I’m not advocating to do hackjobs or cowboy code. However, these two small changes are all it takes to make the method flexible enough to finish a (relatively simple) feature, and there is a business decision to be made here. Some recommend to refactor until it doesn’t hurt anymore and then move on to the next feature; I subscribe to this idea.

My personal preference is that of the rule of second encounters: the first time you need to reference badly written or inflexible code, refactor it just enough so it’s usable (in the hopes that you don’t have to deal with it again).

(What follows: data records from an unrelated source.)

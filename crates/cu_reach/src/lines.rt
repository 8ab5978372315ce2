//! Lines of a script that ask for more than one answer, or for the latest departure: `r,FROM,SECOND`, `t,SECOND,K` and the
//! numbers of K sources and of targets, and `l,FROM,TO,BY`.

ghost use Rattle.std.specs.Prelude.{◌≡◌, ◌≤◌, ◌<◌, ◌*◌, ℕ, All, IfOk, length};
ghost use Rattle.cu_model.specs.declared.limits.TheConstants.{DAY};
ghost use Rattle.cu_model.specs.Numbers.{as_number, value_below};
ghost use Rattle.cu_model.specs.Queries.{fields_of_line};
ghost use Rattle.cu_reach.specs.ReachLines.{checked_latest, checked_reach, latest_of, reach_of};
ghost use Rattle.cu_reach.specs.Steps.LineFields.{HasFour, HasThree};

use cu_model::{DAY, Number, cut_field, parse_number};
use thiserror::Error;

/// The most entries of a table.
pub const MAX_TABLE: u32 = 1_048_576;

/// The latest second by which one may ask to arrive, 2^40.
pub const LATEST_BY: u64 = 1_099_511_627_776;

/// All nodes asked from one, leaving at a second of the day.
#[derive(Clone, Copy, PartialEq, Eq)]
pub struct ReachAsked {
    pub from: u32,
    pub second: u32,
}

/// The latest departure asked from one node that arrives at another by a second, at most `LATEST_BY`.
#[derive(Clone, Copy, PartialEq, Eq)]
pub struct LatestAsked {
    pub from: u32,
    pub to: u32,
    pub by: u64,
}

/// The first check that a line of these kinds fails, in this order.
#[derive(Clone, Copy, Debug, PartialEq, Eq, Error)]
pub enum ManyRefusal {
    /// The first word isn't that of the kind, the fields aren't as many as they should be, or one of the others is no number
    /// word.
    #[error("line")]
    Line,
    /// A node isn't below the number of nodes.
    #[error("node")]
    Node,
    /// The second is no second of the day, or the one to arrive by is above `LATEST_BY`.
    #[error("second")]
    Second,
    /// A table has more than `MAX_TABLE` entries.
    #[error("limit")]
    Limit,
}

// The fields of a line that has three.
#[derive(Clone, Copy)]
struct ThreeFields<'a> {
    word: &'a [u8],
    from: &'a [u8],
    second: &'a [u8],
}

// The fields of a line that has four.
#[derive(Clone, Copy)]
struct FourFields<'a> {
    word: &'a [u8],
    from: &'a [u8],
    to: &'a [u8],
    by: &'a [u8],
}

/// Checks a line that asks for all nodes from one, its line end cut off, against a network with so many nodes. Takes no memory.
pub fn check_reach(line: &[u8], nodes: u32) -> Result<ReachAsked, ManyRefusal>
    ensures { result ≡ reach_of nodes line.now }
{
    let Some(fields) = three_fields(line) else {
        return Err(ManyRefusal::Line);
    };
    if fields.word != b"r".as_slice() {
        return Err(ManyRefusal::Line);
    }
    let Some(from) = parse_number(fields.from) else {
        return Err(ManyRefusal::Line);
    };
    let Some(second) = parse_number(fields.second) else {
        return Err(ManyRefusal::Line);
    };
    reach_asked(nodes, from, second)
}

// What the numbers of a line ask for, or the first of its node and second that is out of range.
fn reach_asked(nodes: u32, from: Number, second: Number) -> Result<ReachAsked, ManyRefusal>
    ensures { (f s : ℕ) → from ≡ as_number f → second ≡ as_number s
        → result ≡ checked_reach nodes f s }
{
    let Some(from) = value_under(from, nodes) else {
        return Err(ManyRefusal::Node);
    };
    let Some(second) = value_under(second, DAY) else {
        return Err(ManyRefusal::Second);
    };
    Ok(ReachAsked { from, second })
}

/// Checks a line that asks for the latest departure, its line end cut off, against a network with so many nodes. Takes no
/// memory.
pub fn check_latest(line: &[u8], nodes: u32) -> Result<LatestAsked, ManyRefusal>
    ensures { result ≡ latest_of nodes line.now }
{
    let Some(fields) = four_fields(line) else {
        return Err(ManyRefusal::Line);
    };
    if fields.word != b"l".as_slice() {
        return Err(ManyRefusal::Line);
    }
    let Some(from) = parse_number(fields.from) else {
        return Err(ManyRefusal::Line);
    };
    let Some(to) = parse_number(fields.to) else {
        return Err(ManyRefusal::Line);
    };
    let Some(by) = parse_number(fields.by) else {
        return Err(ManyRefusal::Line);
    };
    latest_asked(nodes, from, to, by)
}

// What the numbers of a line ask for, or the first of its nodes and second that is out of range.
fn latest_asked(
    nodes: u32,
    from: Number,
    to: Number,
    by: Number,
) -> Result<LatestAsked, ManyRefusal>
    ensures { (f t b : ℕ) → from ≡ as_number f → to ≡ as_number t → by ≡ as_number b
        → result ≡ checked_latest nodes f t b }
{
    let Some(from) = value_under(from, nodes) else {
        return Err(ManyRefusal::Node);
    };
    let Some(to) = value_under(to, nodes) else {
        return Err(ManyRefusal::Node);
    };
    match by {
        Number::Value(by) if by <= LATEST_BY => Ok(LatestAsked { from, to, by }),
        _ => Err(ManyRefusal::Second),
    }
}

// A number's value, where it is under a limit.
pub(crate) fn value_under(number: Number, limit: u32) -> Option<u32>
    ensures { (value : ℕ) → number ≡ as_number value → result ≡ value_below value limit }
{
    match number {
        Number::Value(value) if value < u64::from(limit) => Some(value as u32),
        _ => None,
    }
}

// A line's three fields; none where it has fewer or more.
fn three_fields(line: &[u8]) -> Option<ThreeFields<'_>>
    ensures { HasThree (fields_of_line line.now) result }
{
    let (word, rest) = cut_field(line);
    let (from, rest) = cut_field(rest?);
    let (second, rest) = cut_field(rest?);
    match rest {
        Some(_) => None,
        None => Some(ThreeFields { word, from, second }),
    }
}

// A line's four fields; none where it has fewer or more.
fn four_fields(line: &[u8]) -> Option<FourFields<'_>>
    ensures { HasFour (fields_of_line line.now) result }
{
    let (word, rest) = cut_field(line);
    let (from, rest) = cut_field(rest?);
    let (to, rest) = cut_field(rest?);
    let (by, rest) = cut_field(rest?);
    match rest {
        Some(_) => None,
        None => Some(FourFields { word, from, to, by }),
    }
}
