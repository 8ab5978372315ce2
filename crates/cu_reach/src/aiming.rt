//! Ranks that sweeps go down over, so that some nodes are reached: theirs, and all higher neighbours of each.

ghost use Rattle.std.specs.Prelude.{◌≡◌, ◌≤◌, ◌<◌, ◌+◌, ℕ, Bool, List, All, IfOk, length, take};
ghost use Rattle.std.specs.List.{Contains};
ghost use Rattle.cu_model.specs.declared.limits.TheConstants.{MAX_NODES};
ghost use Rattle.cu_interval.specs.Hierarchies.{IsHierarchyOf};
ghost use Rattle.cu_reach.specs.Aims.{HasRanks, IsPath};
ghost use Rattle.cu_reach.specs.Steps.Aiming.{AreGathered, AreMarked, IsMarked};

use crate::tables::NodeFields;
use cu_chordal::Chordal;
use cu_interval::Ways;
use cu_model::NoMemory;
use std::alloc::Global;
use std::marker::Model;

/// Room for the ranks that sweeps go down over, made once. Contracts see for how many nodes it was made, and these ranks.
#[derive(Drop)]
pub struct Aim {
    // Which ranks are still to be gathered.
    marks: Vec<bool>,
    ranks: Vec<u32>,
    // So many of them were gathered.
    count: usize,
}

impl Model for Aim {
    ghost use Rattle.std.specs.Prelude.{◌≡◌, ◌≤◌, length, take};
    ghost use Rattle.cu_reach.specs.Aims.{AimValue};

    ghost Value = { AimValue };

    ghost view = { λ aim. record {
      nodes = length aim.ranks.items;
      path = take aim.count aim.ranks.items;
    } };

    ghost invariant = { λ aim. (length aim.marks.items ≡ length aim.ranks.items)
        × (aim.count ≤ length aim.ranks.items) };
}

impl Aim {
    /// Room for so many nodes, which are at most `MAX_NODES` of `cu_model`.
    pub fn new(alloc: Global, nodes: u32) -> Result<Aim, NoMemory>
        requires { nodes ≤ MAX_NODES }
        ensures nodes { IfOk result (λ aim. aim.nodes ≡ nodes) }
    {
        Ok(Aim {
            marks: vec![in alloc; false; nodes as usize]?,
            ranks: vec![in alloc; 0u32; nodes as usize]?,
            count: 0,
        })
    }

    /// The ranks, rising.
    pub fn path(&self) -> &[u32]
        ensures { result.now ≡ self.now.path }
    {
        &self.ranks[..self.count]
    }

    /// Takes the ranks of these nodes, and with each rank all its higher neighbours: no others are needed to reach them. Nodes and
    /// graph are of the hierarchy, and there is room for as many nodes. Takes no memory.
    pub fn aim<W: Ways>(&mut self, ways: &W, graph: &Chordal, nodes: NodeFields<'_>)
        requires nodes { self.old.nodes ≡ graph.now.ranks }
        requires graph { IsHierarchyOf graph.now (W.hierarchy ways.now) }
        requires below { All (λ node. node < (W.hierarchy ways.now).network.nodes) nodes }
        ensures nodes { self.new.nodes ≡ self.old.nodes }
        ensures path { IsPath graph.now self.new.path }
        ensures aimed { HasRanks (W.hierarchy ways.now) nodes.entry self.new.path }
    {
        mark_nodes(&mut self.marks, ways, nodes);
        self.count = gather(&mut self.marks, &mut self.ranks, graph);
    }
}

// Marks the ranks of nodes.
fn mark_nodes<W: Ways>(marks: &mut [bool], ways: &W, nodes: NodeFields<'_>)
    requires marks { length marks.old ≡ (W.hierarchy ways.now).network.nodes }
    requires nodes { All (λ node. node < (W.hierarchy ways.now).network.nodes) nodes }
    ensures long { length marks.new ≡ length marks.old }
    ensures marked { AreMarked (W.hierarchy ways.now) nodes.entry marks.new }
{
    'nodes: for node in nodes {
        marks[ways.rank(node) as usize] = true;
    }
}

// Gathers marked ranks, rising, and with each its higher neighbours, and answers how many they are. Their marks are taken away.
fn gather(marks: &mut [bool], ranks: &mut [u32], graph: &Chordal) -> usize
    requires marks { length marks.old ≡ graph.now.ranks }
    requires ranks { length ranks.old ≡ graph.now.ranks }
    ensures marks { length marks.new ≡ length marks.old }
    ensures ranks { length ranks.new ≡ length ranks.old }
    ensures few { result ≤ length ranks.new }
    ensures path { IsPath graph.now (take result ranks.new) }
    ensures aimed { (rank : ℕ) → IsMarked marks.old rank → Contains (take result ranks.new) rank }
{
    let mut count = 0;
    'ranks: for rank in 0..graph.ranks() {
        count = gather_one(marks, ranks, graph, rank, count);
    }
    count
}

// Gathers a rank behind so many others where it is marked, and then marks its higher neighbours. Answers how many there are now.
fn gather_one(
    marks: &mut [bool],
    ranks: &mut [u32],
    graph: &Chordal,
    rank: u32,
    count: usize,
) -> usize
    requires rank { rank < graph.now.ranks }
    requires few { count ≤ rank }
    requires marks { length marks.old ≡ graph.now.ranks }
    requires ranks { length ranks.old ≡ graph.now.ranks }
    ensures marks { length marks.new ≡ length marks.old }
    ensures ranks { length ranks.new ≡ length ranks.old }
    ensures few { result ≤ rank + 1 }
    ensures gathered { (first : List Bool)
        → AreGathered graph.now first rank marks.old (take count ranks.old)
        → AreGathered graph.now first (rank + 1) marks.new (take result ranks.new) }
{
    if !marks[rank as usize] {
        return count;
    }
    marks[rank as usize] = false;
    mark_all(marks, graph.up(rank));
    ranks[count] = rank;
    count + 1
}

// Marks these ranks.
fn mark_all(marks: &mut [bool], ranks: &[u32])
    requires { All (λ rank. rank < length marks.old) ranks.now }
    ensures long { length marks.new ≡ length marks.old }
    ensures marked { (rank : ℕ) → Contains ranks.now rank → IsMarked marks.new rank }
    ensures kept { (rank : ℕ) → IsMarked marks.old rank → IsMarked marks.new rank }
{
    'ranks: for rank in ranks {
        marks[*rank as usize] = true;
    }
}
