//! Latest departures.

ghost use Rattle.std.specs.Prelude.{◌≡◌, ◌≤◌, ◌<◌, ◌+◌, ◌-◌, ◌^◌};
ghost use Rattle.cu_elimtree.specs.SweepArcs.{parents_in};
ghost use Rattle.cu_interval.specs.Hierarchies.{IsHierarchyOf};
ghost use Rattle.cu_model.specs.declared.limits.TheConstants.{DAY};
ghost use Rattle.cu_reach.specs.Departures.{AddsQueries, HoldsDeparture, IsDeparture, IsLatestWhereBuilt, IsRealDeparture, departure_of, latest_by, next_second, searched};
ghost use Rattle.cu_reach.specs.Steps.Searching.{IsInTime};

use cu_chordal::Chordal;
use cu_elimtree::Tree;
use cu_interval::{Dir, Relaxer};
use cu_model::DAY;
use cu_sweep::{Found, SweepDesk, query};

/// How many queries a latest departure takes at most.
pub const MOST_QUERIES: u32 = 20;

/// The greatest second of the day from which a query arrives in time, with its arrival; that second 0 is too late; that there
/// is no walk; or a relaxation whose walk was too long.
#[derive(Clone, Copy, PartialEq, Eq)]
pub enum Departure {
    Depart { second: u64, arrive: u64 },
    TooLate,
    NoWalk,
    Long { edge: u32, dir: Dir, second: u64 },
}

// Two ranks, and the second by which to come from the one to the other.
#[derive(Clone, Copy)]
struct Journey {
    from: u32,
    to: u32,
    by: u64,
}

/// The latest departure from one rank that arrives at another by a second of at most 2^40. Where it departs, the last query on
/// the desk left then, so its route may be written. Both ranks are below the number of ranks, the tree is that of the graph,
/// the desk was made for as many nodes, and the relaxer stands for a hierarchy with this graph. Takes no memory.
pub fn latest<R: Relaxer>(
    tree: &Tree,
    graph: &Chordal,
    desk: &mut SweepDesk,
    relaxer: &mut R,
    from: u32,
    to: u32,
    by: u64,
) -> Departure
    requires ranks { (from < graph.now.ranks) × (to < graph.now.ranks) }
    requires by { by ≤ latest_by }
    requires tree { tree.now ≡ parents_in graph.now }
    requires desk { desk.old.nodes ≡ graph.now.ranks }
    requires graph { IsHierarchyOf graph.now (R.hierarchy relaxer.old) }
    ensures departure { IsDeparture (R.hierarchy relaxer.old) from to by result }
    ensures search { result ≡ departure_of (R.hierarchy relaxer.old) from to by }
    ensures latest { IsLatestWhereBuilt (R.hierarchy relaxer.old) from to by result }
    ensures told { AddsQueries (R.hierarchy relaxer.old) from to MOST_QUERIES
        (R.calls relaxer.old) (R.calls relaxer.new) }
    ensures holds { HoldsDeparture (R.hierarchy relaxer.old) from to result desk.new }
    ensures real { IsRealDeparture (R.hierarchy relaxer.old) from to desk.new.calls result }
    ensures nodes { desk.new.nodes ≡ desk.old.nodes }
    ensures stays { R.hierarchy relaxer.new ≡ R.hierarchy relaxer.old }
{
    let arrival = match query(tree, graph, desk, relaxer, from, to, 0) {
        Found::Arrive(arrival) => arrival,
        Found::NoWalk => return Departure::NoWalk,
        Found::Long { edge, dir, second } => return Departure::Long { edge, dir, second },
    };
    if arrival > by {
        return Departure::TooLate;
    }
    let journey = Journey { from, to, by };
    let departure = search(tree, graph, desk, relaxer, journey, arrival);
    leave(tree, graph, desk, relaxer, journey, departure);
    departure
}

// The latest departure of a journey that arrives in time from second 0 on.
fn search<R: Relaxer>(
    tree: &Tree,
    graph: &Chordal,
    desk: &mut SweepDesk,
    relaxer: &mut R,
    journey: Journey,
    at_nought: u64,
) -> Departure
    requires ranks { (journey.from < graph.now.ranks) × (journey.to < graph.now.ranks) }
    requires by { journey.by ≤ latest_by }
    requires tree { tree.now ≡ parents_in graph.now }
    requires desk { desk.old.nodes ≡ graph.now.ranks }
    requires graph { IsHierarchyOf graph.now (R.hierarchy relaxer.old) }
    requires in_time { IsInTime (R.hierarchy relaxer.old) journey 0 at_nought }
    ensures departure { IsDeparture (R.hierarchy relaxer.old)
        journey.from journey.to journey.by result }
    ensures search { result
        ≡ searched (R.hierarchy relaxer.old) journey.from journey.to journey.by 18 0 at_nought DAY }
    ensures latest { IsLatestWhereBuilt (R.hierarchy relaxer.old)
        journey.from journey.to journey.by result }
    ensures told { AddsQueries (R.hierarchy relaxer.old) journey.from journey.to 18
        (R.calls relaxer.old) (R.calls relaxer.new) }
    ensures nodes { desk.new.nodes ≡ desk.old.nodes }
    ensures stays { R.hierarchy relaxer.new ≡ R.hierarchy relaxer.old }
{
    let Journey { from, to, by } = journey;
    let mut early = 0;
    let mut arrival = at_nought;
    let mut late = u64::from(DAY);
    let mut left = 18;
    'seconds: while late - early > 1 {
        let second = next_second(early, by - arrival, late, left);
        match query(tree, graph, desk, relaxer, from, to, second as u32) {
            Found::Long { edge, dir, second } => return Departure::Long { edge, dir, second },
            Found::NoWalk => late = second,
            Found::Arrive(answer) => {
                if answer <= by {
                    early = second;
                    arrival = answer;
                } else {
                    late = second;
                }
            }
        }
        left -= 1;
    }
    Departure::Depart {
        second: early,
        arrive: arrival,
    }
}

// The second to be asked next, between one that is in time by so many seconds and one that is too late: where the walk of the
// first would leave if it took as long then, moved so that what is left on either side can be searched by the queries left.
fn next_second(early: u64, spare: u64, late: u64, left: u32) -> u64
    requires between { early + 2 ≤ late }
    requires day { late ≤ DAY }
    requires left { (left ≤ 18) × (late ≤ early + 2 ^ left) }
    ensures next { result ≡ next_second early spare late (2 ^ (left - 1)) }
    ensures after { early < result }
    ensures before { result < late }
    ensures low { result ≤ early + 2 ^ (left - 1) }
    ensures high { late ≤ result + 2 ^ (left - 1) }
    ensures some { 0 < left }
{
    let half = half_of(left);
    let guess = early.saturating_add(spare).max(early + 1).min(late - 1);
    guess.max(late.saturating_sub(half)).min(early + half)
}

// Half as many as so many queries can tell apart.
fn half_of(left: u32) -> u64
    requires left { left ≤ 18 }
    requires some { 0 < left }
    ensures half { result ≡ 2 ^ (left - 1) }
    ensures twice { result + result ≡ 2 ^ left }
    ensures few { result ≤ 2 ^ 17 }
{
    1 << (left - 1)
}

// Asks once more at the second of a departure, so that the desk holds its walk.
fn leave<R: Relaxer>(
    tree: &Tree,
    graph: &Chordal,
    desk: &mut SweepDesk,
    relaxer: &mut R,
    journey: Journey,
    departure: Departure,
)
    requires ranks { (journey.from < graph.now.ranks) × (journey.to < graph.now.ranks) }
    requires tree { tree.now ≡ parents_in graph.now }
    requires desk { desk.old.nodes ≡ graph.now.ranks }
    requires graph { IsHierarchyOf graph.now (R.hierarchy relaxer.old) }
    requires departure { IsDeparture (R.hierarchy relaxer.old)
        journey.from journey.to journey.by departure }
    ensures told { AddsQueries (R.hierarchy relaxer.old) journey.from journey.to 1
        (R.calls relaxer.old) (R.calls relaxer.new) }
    ensures holds { HoldsDeparture (R.hierarchy relaxer.old)
        journey.from journey.to departure desk.new }
    ensures real { IsRealDeparture (R.hierarchy relaxer.old)
        journey.from journey.to desk.new.calls departure }
    ensures nodes { desk.new.nodes ≡ desk.old.nodes }
    ensures stays { R.hierarchy relaxer.new ≡ R.hierarchy relaxer.old }
{
    if let Departure::Depart { second, .. } = departure {
        query(
            tree,
            graph,
            desk,
            relaxer,
            journey.from,
            journey.to,
            second as u32,
        );
    }
}
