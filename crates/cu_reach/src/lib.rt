//! One-to-all, tables and latest departures over a hierarchy.
//!
//! [`reach`] labels all ranks. Where only some nodes are asked for and no walk is too long, [`reach_over`] labels them alike with
//! fewer calls, over the ranks that an [`Aim`] takes for them (`specs/Aims.antt`).
//!
//! [`latest`] searches the day for the greatest second from which a query arrives in time, by at most [`MOST_QUERIES`] queries
//! (`specs/Departures.antt`).
#![tactic(auto)]

mod aiming;
mod block;
mod departures;
mod lines;
mod reaching;
mod tables;
mod writing;

pub use aiming::Aim;
pub use departures::{Departure, MOST_QUERIES, latest};
pub use lines::{
    LATEST_BY, LatestAsked, MAX_TABLE, ManyRefusal, ReachAsked, check_latest, check_reach,
};
pub use reaching::{ReachDesk, Reached, Start, reach, reach_over};
pub use tables::{NodeFields, TableAsked, check_table};
pub use writing::{put_damage, put_dir, put_reach, put_row, put_times, put_word_and_long};
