// What is said of what a search for the most free weekends found.
ghost use Rattle.std.specs.Prelude.{◌≡◌, ◌++◌, IfOk, OnOk, Some};
ghost use Rattle.refutation_terms.specs.Log.{Fits};
ghost use Rattle.refutation_terms.specs.LogText.{log_text};
ghost use Rattle.refutation_log.specs.declared.best_found.BestFound.TheVariants.{Best, NoRoster};
ghost use Rattle.commands.specs.Best.{IsBestTold, counted_text, found_text, IsWeeklyRoster, IsRosterFound};

use crate::telling::put_refuted;
use plain_words::pieces::HAS_WEEKENDS;
use plain_words::{Part, put_log_told, put_told, rosters_of};
use refutation_log::{Log, print_log};
use roster_checker::free_weekends;
use roster_print::print_roster;
use rwsp_model::{Problem, Roster};
use rwsp_text::put_labelled;
use std::alloc::{AllocError, Global};

// Appends how many free weekends the roster has, and the roster.
fn put_counted(out: &mut Vec<u8>, problem: &Problem, roster: &Roster) -> Result<(), AllocError>
    requires { IsWeeklyRoster problem.now roster.now }
    ensures { OnOk result (out.new.items ≡ out.old.items ++ counted_text problem.now roster.now) }
{
    put_labelled(out, b"free ".as_slice(), free_weekends(problem, roster))?;
    out.push(b'\n')?;
    let text = print_roster(*out.allocator(), problem, roster)?;
    out.extend_from_slice(&text)?;
    Ok(())
}

// Appends the log.
fn put_log(out: &mut Vec<u8>, problem: &Problem, log: &Log) -> Result<(), AllocError>
    requires { Fits problem.now log.now }
    ensures { OnOk result (out.new.items ≡ out.old.items ++ log_text problem.now log.now) }
{
    let text = print_log(*out.allocator(), problem, log)?;
    out.extend_from_slice(&text)?;
    Ok(())
}

/// The text of the best roster and of the proof that none is better.
pub fn best_text(
    alloc: Global,
    problem: &Problem,
    roster: &Roster,
    proof: &Log,
) -> Result<Vec<u8>, AllocError>
    requires roster { IsWeeklyRoster problem.now roster.now }
    requires fits { Fits problem.now proof.now }
    ensures { IfOk result (λ v.
        v.items ≡ counted_text problem.now roster.now ++ log_text problem.now proof.now) }
{
    let mut out = Vec::new(alloc);
    put_counted(&mut out, problem, roster)?;
    put_log(&mut out, problem, proof)?;
    Ok(out)
}

/// The text of what is known where the budget was spent.
pub fn undecided_text(
    alloc: Global,
    problem: &Problem,
    roster: &Option<Roster>,
    partial: &Log,
) -> Result<Vec<u8>, AllocError>
    requires roster { IsRosterFound problem.now roster.now }
    requires fits { Fits problem.now partial.now }
    ensures { IfOk result (λ v.
        v.items ≡ found_text problem.now roster.now ++ log_text problem.now partial.now) }
{
    match roster {
        Some(roster) => best_text(alloc, problem, roster, partial),
        None => print_log(alloc, problem, partial),
    }
}

/// What is told of the best roster and of the proof that none is better.
pub fn best_told(
    alloc: Global,
    problem: &Problem,
    roster: &Roster,
    proof: &Log,
) -> Result<Vec<u8>, AllocError>
    requires roster { IsWeeklyRoster problem.now roster.now }
    requires fits { Fits problem.now proof.now }
    ensures { IfOk result (λ v. IsBestTold problem.now (Best roster.now proof.now) v.items) }
{
    let mut out = Vec::new(alloc);
    let weekends = Part::Weekends(free_weekends(problem, roster));
    put_told(&mut out, problem, HAS_WEEKENDS, &[weekends])?;
    put_log_told(&mut out, problem, rosters_of(proof), proof)?;
    Ok(out)
}

/// What is told of the proof that there is no roster.
pub fn none_told(alloc: Global, problem: &Problem, log: &Log) -> Result<Vec<u8>, AllocError>
    requires { Fits problem.now log.now }
    ensures { IfOk result (λ v. IsBestTold problem.now (NoRoster log.now) v.items) }
{
    let mut out = Vec::new(alloc);
    put_refuted(&mut out, problem, log)?;
    put_log_told(&mut out, problem, rosters_of(log), log)?;
    Ok(out)
}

However, the second time you need to reference the same code, do the refactor because it is more likely that you’ll need to reference the same code again in the future – it’s already happened once, it can happen again.

Final form

Here is the refactored code, as well as the code that calls it:

class EmailJob::Accounting < BaseJob
  include SuckerPunch::Job

  def perform(payments, email_address=nil,
    log: SuckerPunch,
    filename: "/tmp/accounting_report_#{Time.now.to_i}.csv
  )

    log.logger.info "#{self.class}: Compiling accounting report..."

    CSV.open filename, 'w' do |csv|
      csv << %w(email first_name last_name order_date order_datetime order_number order_line_state tags
      payment_amount payment_state payment_date ... ) do |payment|

# ...

      rescue Exception => e
        log.logger.info "#{self.class}: Payment id #{payment.id} crashed with error #{e.inspect}"
      end

      row = [

# ...

      ]
      csv << row

      yield(payment, count) if block_given?

# ...

    end

    log.logger.info "#{self.class}: Report compiled, will upload and email it"
    email(email_address, "accounting report", File.open(filename)) if email_address
  end
end

payments = PaymentsQuery.all.includes(:order => [:customer, :tags])
count = payments.count

progress = ProgressBar.create(
  title: 'Payment',
  total: nil,
  format: '%a |%b>>%i| %p%% %t %c of %C %e'
)

filename = "report.csv"
EmailJob::Accounting.new.perform(payments, logger: Rails, filename: filename) do |payment, count|
  progress.total = count
  progress.increment
end
progress.finish

uploader = Upcloudify::S3.new
uploader.email(["parasquid""], filename, File.open(filename))

Not much has changed, but their flexibility is worlds apart, and it makes all the difference.

TL;DR

Use dependency injection and keyword arguments with default values to maintain the same signature to older clients, but allow you to change behavior as needed. In this case, I don’t want to call SuckerPunch logger in my rake task.
Use yield and block_given? to allow client code to pass in custom blocks, and expose objects to the block depending on your intentions. In this case, I want to use a progress bar and also inspect the currently iterated on object.